The son, Edward Thomas Miles, (we’ll call him the Reverend Miles), became a Congregational Minister in his twenties and on 22nd January 1872 he married a young woman, Ellen Rundell Marshall who was the daughter of your 5th great grandmother, Lucy Upcott Rundell. They were married in the Ballarat home of Ellen’s older half-sister, Susannah Netherton, and her husband, William Samuel Rawling Hambly.
Your 5th great grandmother, Lucy Upcott Rundell came to Australia in July 1853 after being widowed twice. The first husband was a letter carrier, William Blewett Netherton who died in Chelsea, London in 1843, most probably from cholera. She moved back to the Plymouth/Devonport region of Devon at the mouth of the Tamar River, where she had grown up (her father was a naval ship builder) and married James Marshall, a gunner with the Royal Navy. He died in December 1852 and six months later Lucy made the voyage to Victoria and onto the Goldfields of Ballarat and Bendigo on the “Euphemus” with her four young daughters and one son, aged from 3 to 13. The whole world knew about huge amounts of gold being found in Victoria and people were sailing from England and Europe aboard any ship possible to get in on the action. Lucy’s probable intention was to have a better life and to find suitable husbands for her daughters, although three of her brothers and one sister had migrated to Victoria over a five-year span between 1849 and 1854.

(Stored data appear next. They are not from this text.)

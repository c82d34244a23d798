//! Texts that `sudo_audit` refuses by name, made readable.
#![tactic(auto)]

mod addressed;
mod bytes;
mod digests;
mod expressions;
mod files;
mod hostnames;
mod ipv6;
mod laws;
mod listed;
mod mask;
mod masks;
mod netgroups;
mod note;
mod options;
mod places;
mod readable;
mod reading;
mod standing;
mod texts;
mod words;

pub use files::Masked;
pub use hostnames::{is_hostname, short_name};
pub use ipv6::{HostAddress, Ipv6Member, address_of, matches, prefix_of};
pub use laws::{
    bounds_hold, each_is_expression, hosts_matter_for_escapes, lines_stay, names_stand_for_escapes,
    no_command_is_listed, notes_fit_nothing, read_lines_are_left_alone, texts_have_one_mask,
};
pub use mask::{Form, Mask};
pub use masks::{as_written, mask_line, mask_of};
pub use netgroups::{Group, Members};
pub use note::{Note, note_in};
pub use readable::Readable;
pub use texts::mask_text;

Also making his way to Ballarat in 1853 was a young man named Samuel Squires Gimblett, (and we’ll call him SS), a shoemaker, or cordwainer as they were called back then, from the small township of Gunnislake in Cornwall. The ship SS was sailing on, the “Earl of Charlemont” was wrecked on the south western heads of Port Phillip Bay as it tried to enter the bay at night in a storm in June 1853, a month before Lucy Upcott Rundell and her children arrived. Luckily, everyone survived the shipwreck.

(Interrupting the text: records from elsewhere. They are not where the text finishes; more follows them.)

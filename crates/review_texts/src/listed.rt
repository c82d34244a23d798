//! Where a netgroup or a non-Unix group stands, and in which list.
ghost use Rattle.std.specs.Prelude.{◌≡◌, ℕ, ◌≤◌, ◌+◌, List, Decides, IfOk, MatchOption, IsTrue, length, true};
ghost use Rattle.std.specs.Option.{option_copied};
ghost use Rattle.sudo_grammar.specs.declared.policy.EntryBody.{EntryBody as AnEntry};
ghost use Rattle.review_texts.specs.declared.netgroups.Members.{Members as TheMembers};
ghost use Rattle.review_texts.specs.Places as spec;

use crate::bytes::newline_count;
use crate::netgroups::{Group, Members, group_at, list_for, sign_at, spells_group};
use crate::places::{last_spec, line_with};
use crate::reading::{entry_in, is_bad_number};
use audit_files::Triple;
use std::alloc::{AllocError, Global};
use sudo_grammar::EntryBody;
use sudo_text::{Line, Seq, TEXT_LIMIT};

/// Whether a member of a list of users is read at an offset. Returns `AllocError` if allocation fails.
pub(crate) fn takes_user(alloc: Global, line: &Line, at: usize) -> Result<bool, AllocError>
    requires within { at ≤ length line.now.text }
    requires short { length line.now.text + 16 ≤ TEXT_LIMIT }
    ensures { IfOk result (λ takes. Decides takes (spec.TakesUser line.now at)) }
{
    let front = line_with(alloc, line, at, b"%#4294967296")?;
    is_bad_number(alloc, &front, at)
}

/// Whether a member of a list of hosts is read at an offset. Returns `AllocError` if allocation fails.
pub(crate) fn takes_host(alloc: Global, line: &Line, at: usize) -> Result<bool, AllocError>
    requires within { at ≤ length line.now.text }
    requires short { length line.now.text + 16 ≤ TEXT_LIMIT }
    ensures { IfOk result (λ takes. Decides takes (spec.TakesHost line.now at)) }
{
    let front = line_with(alloc, line, at, b"256.0.0.0")?;
    is_bad_number(alloc, &front, at)
}

// Whether the last command of a rule has a runas with a list of groups.
fn has_groups(entry: &EntryBody) -> bool
    ensures { result ≡ spec.has_groups (spec.last_spec entry.now) }
{
    match last_spec(entry) {
        Some(spec) => match &spec.runas {
            Some(runas) => runas.groups.is_some(),
            None => false,
        },
        None => false,
    }
}

// Whether a line by itself is a rule whose last command has a runas with a list of groups.
fn reads_groups(alloc: Global, line: &Line) -> Result<bool, AllocError>
    requires { length line.now.text ≤ TEXT_LIMIT }
    ensures yes { IfOk result (λ found. IsTrue found → (entry : AnEntry)
        × spec.IsEntryIn line.now entry × (spec.has_groups (spec.last_spec entry) ≡ true)) }
    ensures only { IfOk result (λ found. (entry : AnEntry) → spec.IsEntryIn line.now entry
        → spec.has_groups (spec.last_spec entry) ≡ true → IsTrue found) }
{
    match entry_in(alloc, line)? {
        Some(entry) => Ok(has_groups(&entry)),
        None => Ok(false),
    }
}

// Whether a member of the list of groups of a runas is read at an offset.
fn takes_group(alloc: Global, line: &Line, at: usize) -> Result<bool, AllocError>
    requires within { at ≤ length line.now.text }
    requires short { length line.now.text + 16 ≤ TEXT_LIMIT }
    ensures yes { IfOk result (λ takes. IsTrue takes → spec.TakesGroup line.now at) }
    ensures only { IfOk result (λ takes. spec.TakesGroup line.now at → IsTrue takes) }
{
    let front = line_with(alloc, line, at, b"x) ALL")?;
    reads_groups(alloc, &front)
}

// Returns the list for the group at an offset.
fn list_at(
    alloc: Global,
    group: Group,
    kind: Members,
    known: &[Triple],
    text: &[u8],
    at: usize,
) -> Result<Seq<u8>, AllocError>
    requires { at ≤ length text.now }
    ensures { IfOk result (λ list. list ≡ spec.list_at group kind known.now text.now at) }
{
    list_for(
        alloc,
        kind,
        known,
        sign_at(&text[..at]),
        group_at(group, text, at),
    )
}

// Whether a list of hosts may have such a group.
fn has_hosts(group: Group) -> bool
    ensures { result ≡ spec.has_hosts group }
{
    match group {
        Group::Net => true,
        Group::NonUnix => false,
    }
}

// Returns the kind of the members of the list that goes on at an offset, if one of users or hosts does that may have such a group.
fn kind_at(
    alloc: Global,
    group: Group,
    line: &Line,
    at: usize,
) -> Result<Option<Members>, AllocError>
    requires within { at ≤ length line.now.text }
    requires short { length line.now.text + 16 ≤ TEXT_LIMIT }
    ensures { IfOk result (λ found. MatchOption found
        ((kind : TheMembers) → spec.IsListOf kind group line.now at → ⊥)
        (λ kind. spec.IsListOf kind group line.now at)) }
{
    if takes_user(alloc, line, at)? {
        return Ok(Some(Members::Users));
    }
    if has_hosts(group) && takes_host(alloc, line, at)? {
        return Ok(Some(Members::Hosts));
    }
    Ok(None)
}

// Returns the members of the group at an offset, if a list that may have it goes on there.
fn members_at(
    alloc: Global,
    group: Group,
    known: &[Triple],
    line: &Line,
    at: usize,
) -> Result<Option<Seq<u8>>, AllocError>
    requires within { at ≤ length line.now.text }
    requires short { length line.now.text + 16 ≤ TEXT_LIMIT }
    ensures { IfOk result (λ found. MatchOption found
        ((put : List ℕ) → spec.IsMembers group known.now line.now at put → ⊥)
        (λ put. spec.IsMembers group known.now line.now at put)) }
{
    let Some(kind) = kind_at(alloc, group, line, at)? else {
        return Ok(None);
    };
    let put = list_at(alloc, group, kind, known, line.text.as_slice(), at)?;
    Ok(Some(put))
}

/// Returns the members of the group at an offset, if one stands there that is known. Returns `AllocError` if allocation fails.
pub(crate) fn group_members(
    alloc: Global,
    group: Group,
    known: &[Triple],
    line: &Line,
    at: usize,
) -> Result<Option<Seq<u8>>, AllocError>
    requires within { at ≤ length line.now.text }
    requires short { length line.now.text + 16 ≤ TEXT_LIMIT }
    ensures { IfOk result (λ found. MatchOption found
        ((put : List ℕ) → spec.StandsGroup group known.now line.now at put → ⊥)
        (λ put. spec.StandsGroup group known.now line.now at put)) }
{
    if !spells_group(group, known, line.text.as_slice(), at) {
        return Ok(None);
    }
    if takes_group(alloc, line, at)? {
        return Ok(None);
    }
    let Some(put) = members_at(alloc, group, known, line, at)? else {
        return Ok(None);
    };
    if newline_count(put.as_slice()) > 0 {
        return Ok(None);
    }
    Ok(Some(put))
}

SS was recently married to a Mine Captain’s daughter from Calstock, Cornwall, on the opposite side of the Tamar River from Plymouth/Devonport and only two miles from Gunnislake. His first wife had died very young, and he was raising 3 young daughters with the assistance of his parents and parents-in-law while trying to build up his shoe making business. Two of his young daughters went to a school in Calstock run by the schoolteacher, Dee Hambly who was the Mine Captain’s daughter. Dee and SS were married in Bristol, 130 miles from Calstock in the middle of winter 1851; this was a marriage not necessarily initially blessed by her father, John Hambly (we’ll call him The Don), but because young Dee was pregnant and their first child was born four months after the marriage in Bristol. The Don, who had grown up in Truro, a Cornish town about 90 kilometres south of the Tamar River, was a businessman expanding an inn in Calstock as it was going through a boom period with the Great Consuls Mine being opened on the Devon side of the Tamar River. The Don was quite the entrepreneur who was also operating as a mine captain at Great Consuls and taking advantage of Calstock’s boom with real estate development. One of his primary builder/partners was an older cousin of SS, a very capable operator named James Taprell Gimblett who after spending time in London, now lived in Calstock with his wife and children.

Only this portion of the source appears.